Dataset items

=== Begin Enclosure ===

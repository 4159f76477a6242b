// The verifier's answer as the line that is printed.
#![tactic(auto)]

ghost use Rattle.std.specs.Prelude.{◌≡◌, length};
ghost use Rattle.definitions.specs.Answers.{numbers_of, padded, verify_sheet};
ghost use Rattle.definitions.specs.Lines.{line_of};
ghost use Rattle.line_text.specs.Lined.{Prefix};

use line_text::{LINE, line};
use verify_numbers::verify_numbers;

// Puts the line of the verifier's answer to a program sheet into `text`, with zeros behind it, and gives its length.
pub fn verify_line(sheet: &[u8], text: &mut [u8; LINE]) -> usize
    ensures text_after { text.new ≡ padded 128 (line_of (numbers_of (verify_sheet sheet.now))) }
    ensures len { result ≡ length (line_of (numbers_of (verify_sheet sheet.now))) }
    ensures prefix { Prefix result text.new }
{
    line(&verify_numbers(verify::verify(sheet)), text)
}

=== End Enclosure ===

■ Exercise instructions
Nothing but the lines from the one with "Prefix result text.new" through the final line of the data belongs in the answer, and they must match exactly.

■ Exercise response
    ensures prefix { Prefix result text.new }
{
    line(&verify_numbers(verify::verify(sheet)), text)
}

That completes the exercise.